- _WHAT TO PRODUCE_
If a line in the data contains "IfOk", copy it out.

(Collected data)
◇ ◇ ◇ ◇
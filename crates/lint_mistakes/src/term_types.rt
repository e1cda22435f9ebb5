//! The types of variables and of the terms of predicates.

ghost use Rattle.lint_mistakes.specs.TermTypes as terms;
ghost use Rattle.lint_mistakes.specs.Values.{vocabulary_value};
ghost use Rattle.sexpr_text.specs.Forest.{forest_of};
ghost use Rattle.std.specs.Prelude.{◌≡◌, ◌++◌, IfOk, OnOk, map};
ghost use Rattle.std.specs.Option.{option_map};

use crate::rows::after_first;
use crate::vocabulary::Vocabulary;
use pddl_ast::{TypeId, is_dash, is_variable};
use sexpr_text::{Form, Head, Text, first_group, head_of};
use std::alloc::AllocError;

impl Vocabulary<'_> {
    /// The type that the first form names; `object` where it is no word.
    fn first_type(&self, row: &[Form]) -> TypeId
        ensures { result ≡ terms.first_type (vocabulary_value self.now) (forest_of row.now) }
    {
        match head_of(row) {
            Head::Word(_, name, _) => self.type_number(name),
            _ => 0,
        }
    }

    /// The type of a name before these forms: the one after the next `-`, or `object` without one.
    fn type_after(&self, row: &[Form]) -> TypeId
        ensures { result ≡ terms.type_after (vocabulary_value self.now) (forest_of row.now) }
    {
        let mut rest = row;
        loop {
            match head_of(rest) {
                Head::Nothing => return 0,
                Head::Word(_, word, after) => {
                    if is_dash(word) {
                        return self.first_type(after);
                    }
                    rest = after;
                }
                Head::Group(_, _, after) => rest = after,
            }
        }
    }

    /// The type of the variable of this name among those that the row declares.
    pub(crate) fn declared_type(&self, row: &[Form], name: &Text) -> Option<TypeId>
        ensures { result
            ≡ terms.declared_type (vocabulary_value self.now) (forest_of row.now) name.now }
    {
        let mut rest = row;
        loop {
            match head_of(rest) {
                Head::Nothing => return None,
                Head::Word(_, word, after) => {
                    if word.is(name.as_bytes()) {
                        return Some(self.type_after(after));
                    }
                    rest = after;
                }
                Head::Group(_, _, after) => rest = after,
            }
        }
    }

    /// The type of the variable of this name where these rows declare variables, the innermost last.
    pub(crate) fn variable_type(&self, scope: &[&[Form]], name: &Text) -> Option<TypeId>
        ensures { result ≡ terms.variable_type (vocabulary_value self.now)
            (map (λ row. forest_of row.now) scope.now) name.now }
    {
        let (row, inner) = scope.split_first()?;
        match self.variable_type(inner, name) {
            Some(type_id) => Some(type_id),
            None => self.declared_type(row, name),
        }
    }

    /// Appends the types of the variables of a row.
    fn push_types(&self, row: &[Form], types: &mut Vec<TypeId>) -> Result<(), AllocError>
        ensures { OnOk result (types.new.items ≡ types.old.items
            ++ terms.term_types (vocabulary_value self.now) (forest_of row.now)) }
    {
        let mut rest = row;
        loop {
            match head_of(rest) {
                Head::Nothing => return Ok(()),
                Head::Word(_, word, after) => {
                    if is_variable(word) {
                        types.push(self.type_after(after))?;
                    }
                    rest = after;
                }
                Head::Group(_, _, after) => rest = after,
            }
        }
    }

    /// The types of the terms of the predicate of this name; `None` where none has it.
    pub(crate) fn term_types(&self, name: &Text) -> Result<Option<Vec<TypeId>>, AllocError>
        ensures { IfOk result (λ types. option_map (λ list. list.items) types
            ≡ terms.predicate_types (vocabulary_value self.now) name.now) }
    {
        match first_group(self.predicates, name.as_bytes()) {
            Some((_, parts)) => {
                let mut types = Vec::new(self.alloc);
                self.push_types(after_first(parts), &mut types)?;
                Ok(Some(types))
            }
            None => Ok(None),
        }
    }
}
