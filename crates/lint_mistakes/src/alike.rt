//! Rows that are the same where two words count as one.

ghost use Rattle.lint_mistakes.specs.Equal as equal;
ghost use Rattle.lint_mistakes.specs.Values.{pair_value};
ghost use Rattle.sexpr_text.specs.Forest.{forest_of};
ghost use Rattle.std.specs.Option.{option_map};
ghost use Rattle.std.specs.Prelude.{◌≡◌};

use crate::rows::after_first;
use sexpr_text::{Form, Head, Span, Text, View, begins_with, head_of, is_nothing};

/// Two words, each with its span.
#[derive(Clone, Copy)]
pub(crate) struct Pair<'a> {
    pub(crate) kept: &'a Text,
    pub(crate) other: &'a Text,
    pub(crate) kept_span: Span,
    pub(crate) other_span: Span,
}

impl Pair<'_> {
    /// Whether two words are the same, or the two words of the pair.
    fn is_same(&self, text: &Text, other: &Text) -> bool
        ensures { result ≡ equal.is_same_under (pair_value self.now) text.now other.now }
    {
        text.is(other.as_bytes()) || self.are_words(text, other) || self.are_words(other, text)
    }

    /// Whether these are the words of the pair, in their order.
    fn are_words(&self, text: &Text, other: &Text) -> bool
        ensures { result ≡ equal.are_words (pair_value self.now) text.now other.now }
    {
        text.is(self.kept.as_bytes()) && other.is(self.other.as_bytes())
    }

    /// Whether two rows have the same words in the same lists, where the pair counts as one word.
    pub(crate) fn same_under(&self, row: &[Form], other: &[Form]) -> bool
        ensures { result ≡ equal.same_under (pair_value self.now) (forest_of row.now)
            (forest_of other.now) }
    {
        let mut rest = row;
        let mut others = other;
        loop {
            match head_of(rest) {
                Head::Nothing => return is_nothing(others),
                Head::Word(_span, text, after) => match head_of(others) {
                    Head::Word(_place, word, next) => {
                        if !self.is_same(text, word) {
                            return false;
                        }
                        rest = after;
                        others = next;
                    }
                    _ => return false,
                },
                Head::Group(_span, parts, after) => match head_of(others) {
                    Head::Group(_place, inner, next) => {
                        if !self.same_under(parts, inner) {
                            return false;
                        }
                        rest = after;
                        others = next;
                    }
                    _ => return false,
                },
            }
        }
    }

    /// Whether a list of the row has the same words as these parts, and doesn't name the second word.
    fn has_alike(&self, parts: &[Form], row: &[Form]) -> bool
        ensures { result
            ≡ equal.has_alike (pair_value self.now) (forest_of parts.now) (forest_of row.now) }
    {
        for form in row {
            if let View::Group(_span, other) = form.view() {
                if self.is_alike(parts, other) {
                    return true;
                }
            }
        }
        false
    }

    /// The same of a list with these parts.
    fn is_alike(&self, parts: &[Form], other: &[Form]) -> bool
        ensures { result
            ≡ equal.is_alike (pair_value self.now) (forest_of parts.now) (forest_of other.now) }
    {
        !has_word(self.other, other) && self.same_under(parts, other)
    }

    /// Whether the part of a condition says nothing of the second word that the condition doesn't say
    /// of the first.
    fn says_no_more(&self, parts: &[Form], row: &[Form]) -> bool
        ensures { result ≡ equal.says_no_more (pair_value self.now) (forest_of parts.now)
            (forest_of row.now) }
    {
        !has_word(self.other, parts) || self.has_alike(parts, row)
    }

    fn each_says_no_more(&self, parts: &[Form], row: &[Form]) -> bool
        ensures { result ≡ equal.each_says_no_more (pair_value self.now) (forest_of parts.now)
            (forest_of row.now) }
    {
        for form in parts {
            if let View::Group(_span, part) = form.view() {
                if !self.says_no_more(part, row) {
                    return false;
                }
            }
        }
        true
    }

    /// Whether the condition with these parts holds with one object for both words, wherever it holds of
    /// the first.
    pub(crate) fn leaves_equal(&self, condition: &[Form]) -> bool
        ensures { result ≡ equal.leaves_equal (pair_value self.now) (forest_of condition.now) }
    {
        if begins_with(condition, b"and") {
            let parts = after_first(condition);
            self.each_says_no_more(parts, parts)
        } else {
            !has_word(self.other, condition)
        }
    }
}

/// Whether a word stands in the row, at any depth.
fn has_word(name: &Text, row: &[Form]) -> bool
    ensures { result ≡ equal.has_word name.now (forest_of row.now) }
{
    let mut rest = row;
    loop {
        match head_of(rest) {
            Head::Nothing => return false,
            Head::Word(_span, text, after) => {
                if text.is(name.as_bytes()) {
                    return true;
                }
                rest = after;
            }
            Head::Group(_span, parts, after) => {
                if has_word(name, parts) {
                    return true;
                }
                rest = after;
            }
        }
    }
}

/// The first words in which two rows of words differ.
pub(crate) fn difference<'a>(row: &'a [Form], other: &'a [Form]) -> Option<Pair<'a>>
    ensures { option_map pair_value result
        ≡ equal.difference (forest_of row.now) (forest_of other.now) }
{
    let mut rest = row;
    let mut others = other;
    loop {
        match head_of(rest) {
            Head::Word(kept_span, kept, after) => match head_of(others) {
                Head::Word(other_span, other, next) => {
                    if !kept.is(other.as_bytes()) {
                        return Some(Pair {
                            kept,
                            other,
                            kept_span,
                            other_span,
                        });
                    }
                    rest = after;
                    others = next;
                }
                _ => return None,
            },
            _ => return None,
        }
    }
}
◇ ◇ ◇ ◇
- _SOLVED EXERCISE_
ghost use Rattle.std.specs.Prelude.{◌≡◌, ◌++◌, IfOk, OnOk, map};
        ensures { IfOk result (λ types. option_map (λ list. list.items) types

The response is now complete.